§ **Exercise data**

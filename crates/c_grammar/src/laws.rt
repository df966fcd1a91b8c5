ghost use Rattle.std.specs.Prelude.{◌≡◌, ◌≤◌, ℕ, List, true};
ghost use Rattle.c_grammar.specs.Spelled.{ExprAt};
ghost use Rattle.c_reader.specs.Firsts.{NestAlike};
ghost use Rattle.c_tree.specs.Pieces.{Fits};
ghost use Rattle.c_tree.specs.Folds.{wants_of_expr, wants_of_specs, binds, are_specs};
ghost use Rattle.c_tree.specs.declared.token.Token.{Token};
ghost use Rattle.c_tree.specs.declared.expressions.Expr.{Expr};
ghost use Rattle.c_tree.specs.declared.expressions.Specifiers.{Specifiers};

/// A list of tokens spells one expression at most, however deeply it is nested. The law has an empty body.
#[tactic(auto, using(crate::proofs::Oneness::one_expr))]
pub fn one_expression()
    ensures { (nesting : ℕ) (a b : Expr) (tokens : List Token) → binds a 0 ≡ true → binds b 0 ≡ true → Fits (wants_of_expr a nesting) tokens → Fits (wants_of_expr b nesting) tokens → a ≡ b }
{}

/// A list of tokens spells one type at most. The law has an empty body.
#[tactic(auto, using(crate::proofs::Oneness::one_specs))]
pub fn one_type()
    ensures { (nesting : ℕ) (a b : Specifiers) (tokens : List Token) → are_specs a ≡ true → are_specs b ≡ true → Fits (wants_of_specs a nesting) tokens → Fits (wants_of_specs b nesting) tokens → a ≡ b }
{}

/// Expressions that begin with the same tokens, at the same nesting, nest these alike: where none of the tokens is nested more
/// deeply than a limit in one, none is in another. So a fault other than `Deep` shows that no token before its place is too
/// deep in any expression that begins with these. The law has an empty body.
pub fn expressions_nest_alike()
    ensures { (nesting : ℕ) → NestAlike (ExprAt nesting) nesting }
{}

...

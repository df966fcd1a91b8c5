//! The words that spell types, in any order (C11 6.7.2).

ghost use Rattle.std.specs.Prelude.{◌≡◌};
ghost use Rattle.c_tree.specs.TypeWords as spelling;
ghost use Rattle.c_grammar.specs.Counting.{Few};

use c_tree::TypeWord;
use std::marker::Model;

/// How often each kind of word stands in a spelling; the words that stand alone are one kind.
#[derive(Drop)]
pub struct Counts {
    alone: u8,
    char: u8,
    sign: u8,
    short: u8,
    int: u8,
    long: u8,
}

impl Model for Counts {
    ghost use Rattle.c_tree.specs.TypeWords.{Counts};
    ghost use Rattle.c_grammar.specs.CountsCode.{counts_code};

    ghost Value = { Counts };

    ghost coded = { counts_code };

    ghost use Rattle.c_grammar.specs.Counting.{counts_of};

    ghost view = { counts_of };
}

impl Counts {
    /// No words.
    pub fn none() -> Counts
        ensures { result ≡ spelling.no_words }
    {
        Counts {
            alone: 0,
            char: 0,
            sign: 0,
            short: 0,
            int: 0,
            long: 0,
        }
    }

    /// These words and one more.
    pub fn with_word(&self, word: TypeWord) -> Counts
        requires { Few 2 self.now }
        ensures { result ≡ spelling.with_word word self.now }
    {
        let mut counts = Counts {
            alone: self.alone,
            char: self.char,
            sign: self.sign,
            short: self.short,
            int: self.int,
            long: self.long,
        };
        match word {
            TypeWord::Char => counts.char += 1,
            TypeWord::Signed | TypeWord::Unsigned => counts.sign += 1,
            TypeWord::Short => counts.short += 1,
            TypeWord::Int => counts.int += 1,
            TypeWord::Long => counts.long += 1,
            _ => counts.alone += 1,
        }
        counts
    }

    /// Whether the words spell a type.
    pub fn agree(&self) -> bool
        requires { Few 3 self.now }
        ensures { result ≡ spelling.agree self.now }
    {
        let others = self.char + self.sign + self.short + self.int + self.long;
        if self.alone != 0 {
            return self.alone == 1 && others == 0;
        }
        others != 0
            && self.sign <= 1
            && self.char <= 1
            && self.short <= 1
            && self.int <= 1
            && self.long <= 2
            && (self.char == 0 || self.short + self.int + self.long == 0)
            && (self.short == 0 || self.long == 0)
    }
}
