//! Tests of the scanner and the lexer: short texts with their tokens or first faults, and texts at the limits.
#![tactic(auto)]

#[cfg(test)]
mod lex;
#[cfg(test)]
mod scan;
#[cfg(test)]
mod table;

§ **Problem to solve**
Say only how many lines above contain "proofs", with no other words.

§ **Response below**
2